How can any of us know for certain that there's no way we'd ever deny Christ or leave the faith? The answer is- there isn't. Anyone who would tell you that they know, for sure, 100%, no doubts whatsoever is probably closer to apostatizing than they think.
As I was sitting thinking about how some people can fall so quickly from full activity in the church to neglecting duties to rejecting the counsel of local leaders and even prophets, I started thinking about whether any of us are safe from this.
It would seem to me that if anyone would be safe from this it would have been Jesus' twelve apostles. They were with Him day in and day out throughout His ministry. They ate with Him, travelled with Him, learned from Him, and knew Him. He was their leader, their friend, and their Savior.
So wouldn't these men have been immune from the dangers of apostasy? Wouldn't they have been so spiritual and so strong that they would never fall away?
I think that one instance shows us that even the strongest who are humble recognize that humans are fallible and unreliable. When Jesus instituted the sacrament with His apostles and He said "Verily I say unto you, that one of you shall betray me" the apostles didn't respond with an automatic (and arrogant) "No way. That could never happen. Not me." Instead, they each turned and looked around and then looked inside themselves and said "Lord, is it I?"

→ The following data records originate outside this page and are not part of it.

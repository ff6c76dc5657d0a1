//! The date of a line.
ghost use Rattle.std.specs.Prelude.{◌≡◌, ◌+◌, ◌/◌, ◌<◌, ◌≤◌, ◌++◌, length, OnOk, MatchOption};
ghost use Rattle.httpdate.specs.Date.{unix_secs};
ghost use Rattle.access_log.specs.Line.{shown_moment};
ghost use Rattle.access_log.specs.Month.{month_digits};
ghost use Rattle.access_log.specs.Stamp.{Shows, common_time, json_time, three_digits};

use httpdate::HttpDate;
use std::alloc::AllocError;

/// The last millisecond that a date of four digits has: the end of the year 9999.
const LAST_MOMENT: u64 = 253_402_300_799_999;

/// A second as a line shows it, in digits of ASCII.
#[derive(Clone, Copy)]
pub(crate) struct Stamp {
    pub(crate) year: [u8; 4],
    /// The number of the month, from 01.
    pub(crate) month: [u8; 2],
    /// As in `Nov`.
    pub(crate) month_name: [u8; 3],
    pub(crate) day: [u8; 2],
    /// As in `06:14:12`.
    pub(crate) time: [u8; 8],
}

/// The moment that a line shows, in milliseconds since 1970-01-01 UTC: the last of the year 9999 for a later one.
pub(crate) fn shown_moment(millis: u64) -> u64
    ensures { result ≡ shown_moment millis }
{
    millis.min(LAST_MOMENT)
}

/// The date that a line shows for a moment in milliseconds since 1970-01-01 UTC.
pub(crate) fn date_of(millis: u64) -> HttpDate
    ensures { unix_secs result ≡ shown_moment millis / 1000 }
{
    match HttpDate::from_unix_secs(shown_moment(millis) / 1000) {
        Ok(date) => date,
        Err(_) => unreachable!(),
    }
}

// The number of a month by its name.
fn month_digits(name: &[u8; 3]) -> [u8; 2]
    ensures { result ≡ month_digits name.now }
{
    match name {
        b"Jan" => *b"01",
        b"Feb" => *b"02",
        b"Mar" => *b"03",
        b"Apr" => *b"04",
        b"May" => *b"05",
        b"Jun" => *b"06",
        b"Jul" => *b"07",
        b"Aug" => *b"08",
        b"Sep" => *b"09",
        b"Oct" => *b"10",
        b"Nov" => *b"11",
        _ => *b"12",
    }
}

/// A date as a line shows it.
pub(crate) fn stamp_of(date: &HttpDate) -> Stamp
    ensures { Shows date.now result }
{
    // As in `Sun, 06 Nov 1994 08:49:37 GMT`.
    let text = date.to_bytes();
    let month_name = [text[8], text[9], text[10]];
    Stamp {
        year: [text[12], text[13], text[14], text[15]],
        month: month_digits(&month_name),
        month_name,
        day: [text[5], text[6]],
        time: [
            text[17], text[18], text[19], text[20], text[21], text[22], text[23], text[24],
        ],
    }
}

/// Appends a date in the form of NCSA's formats. Errors: out of memory.
#[tactic(auto, unfolding(crate::specs::Stamp::common_time))]
pub(crate) fn push_common_time(line: &mut Vec<u8>, stamp: &Stamp) -> Result<(), AllocError>
    ensures { OnOk result (line.new.items ≡ line.old.items ++ common_time stamp.now) }
{
    line.extend_from_slice(&stamp.day)?;
    line.extend_from_slice(b"/")?;
    line.extend_from_slice(&stamp.month_name)?;
    line.extend_from_slice(b"/")?;
    line.extend_from_slice(&stamp.year)?;
    line.extend_from_slice(b":")?;
    line.extend_from_slice(&stamp.time)?;
    line.extend_from_slice(b" +0000")
}

// The digits of a number below 1,000.
fn three_digits(number: u64) -> [u8; 3]
    requires { number < 1000 }
    ensures { result ≡ three_digits number }
{
    [
        b'0' + (number / 100) as u8,
        b'0' + (number / 10 % 10) as u8,
        b'0' + (number % 10) as u8,
    ]
}

/// Appends a date with milliseconds (RFC 3339). Errors: out of memory.
#[tactic(auto, unfolding(crate::specs::Stamp::json_time))]
pub(crate) fn push_json_time(
    line: &mut Vec<u8>,
    stamp: &Stamp,
    millis: u64,
) -> Result<(), AllocError>
    ensures { OnOk result (line.new.items ≡ line.old.items ++ json_time stamp.now millis) }
{
    line.extend_from_slice(&stamp.year)?;
    line.extend_from_slice(b"-")?;
    line.extend_from_slice(&stamp.month)?;
    line.extend_from_slice(b"-")?;
    line.extend_from_slice(&stamp.day)?;
    line.extend_from_slice(b"T")?;
    line.extend_from_slice(&stamp.time)?;
    line.extend_from_slice(b".")?;
    line.extend_from_slice(&three_digits(millis % 1000))?;
    line.extend_from_slice(b"Z")
}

How profound that the very apostles of the Lord while He was on earth in the flesh would be so humble and so aware of their limitations that their first response was to ask "Is it I?"
If these great men, who had such strong testimonies of the Lord, could find need to ask themselves such a question... how much more do we need to ask the same of ourselves?
When we hear counsel we're tempted to reject, when we find that we're too busy or too lazy or too whatever to follow the Savior's commandments, when we want to follow our own path regardless of where it's leading.... do we ever stop and ask "Lord is it I?" Do we question whether the choices we are making and the things we are doing (or not doing) will bring us to deny our faith and turn our backs on the Savior?
It doesn't take huge steps to end up on the wrong path. Most people who find themselves lost have gotten there by getting off course a little at a time. One small choice leads to another. And before you know it, you're sitting at the judgement bar before Christ saying "Lord, how did it end up being me?"
I want to learn from the example of the apostles. I want to take the time to stop and think about how well my life lines up with the Savior's, and ask myself periodically... "Lord, is it I?" Am I the one who is in the wrong? Am I putting my own pride before your humility? Am I choosing to turn my back on you? Or am I truly willing to submit to Thy will and put Thee first in my life? Even if it's uncomfortable or hard?
I can't guarantee that I'll always be active in the church, or that I would never fall away into other paths, but I pray with all my heart that the Lord will help me stay humble enough that I can receive His counsel when He's trying to keep me from leaving Him. I want to be able to say, in the end, "No, Lord, it isn't I that betrayed you."